Virtually all of the truly bad incidents I've seen in large-scale distributed systems are caused by an inability to recover back to steady-state after some kind of unexpected perturbation.
If I had to characterize problem number one, it's bad subscriber-service request patterns that don't provide back pressure appropriately. e.g. subscribers that don't know how to back-off properly and services that don't provide back-pressure. Classical example is a subscriber that retries requests on a static schedule and gives up on requests that have been in-flight "too long", coupled with services that continue to accept requests when oversubscribed.

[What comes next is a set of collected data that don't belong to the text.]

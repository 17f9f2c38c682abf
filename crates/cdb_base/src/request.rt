//! What the program is asked to do.

use crate::question::{Question, StepAsked};

/// What the program is asked to do. Setups, scripts and journals are named by their files.
#[derive(Drop)]
pub enum Request<'a> {
    /// Plays the script on standard input, on one process that proposes 7.
    Script,
    /// Plays a script on a run of a setup.
    Play {
        setup: &'a str,
        script: &'a str,
    },
    /// Runs a race of scripts on a run of a setup, with up to 99,999 turns for each process.
    Race {
        setup: &'a str,
        turns: u32,
        scripts: Vec<&'a str>,
    },
    /// Answers a question of the run that a script leaves on a setup; the numbers of a step are 1 to 999,999.
    Ask {
        setup: &'a str,
        script: &'a str,
        question: Question,
    },
    /// Draws the run after each command of a script that changed it, on a setup, each into a file of this folder, with
    /// this number of columns to a row. A step is refused.
    Frames {
        setup: &'a str,
        script: &'a str,
        folder: &'a str,
        columns: u32,
        step: Option<StepAsked>,
    },
    /// Holds a session for each seat, a terminal device or `IN:OUT`, over one run of a setup; without seats one session
    /// here. They go on from the journal of the one name, if there is one, and their journal is kept meanwhile in the
    /// file of the next name, and a page of the run in that of the last, where these are there.
    Debug {
        setup: &'a str,
        seats: Vec<&'a str>,
        from: Option<&'a str>,
        journal: Option<&'a str>,
        page: Option<&'a str>,
    },
    /// Plays a journal again on a run of a setup.
    Replay {
        setup: &'a str,
        journal: &'a str,
    },
    /// Searches for a run of a setup in which the goal of this word holds, with this seed and at most so many walks,
    /// both 1 to 999,999.
    Search {
        setup: &'a str,
        goal: &'a str,
        seed: u32,
        walks: u32,
    },
    /// Makes a script small on a run of a setup, as long as the goal of this word holds.
    Shrink {
        setup: &'a str,
        script: &'a str,
        goal: &'a str,
    },
    /// Tells whether two scripts leave the same run on a setup.
    Same {
        setup: &'a str,
        first: &'a str,
        second: &'a str,
    },
}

It's like the quote attributed to Don Knuth: "Beware of bugs in the above code; I have only proved it correct, not tried it."
But, in practice, I've spent just as much time on issues introduced by perf / scalability limitations. And the post thesis is correct: we don't have great tools for reasoning about this. This has been pretty much all I've been thinking about recently.
https://arxiv.org/abs/2205.15211
Already we have Resource Aware ML which
> automatically and statically computes resource-use bounds for OCaml programs
A hammer is great for certain things but I don't expect it to make good coffee. I use other tools for that. However that doesn't make hammers deficient.
Tools like Lean and Rocq can do arbitrary math — the limit is your time and budget, not the tool.
These performance questions can be mathematically defined, so it is possible.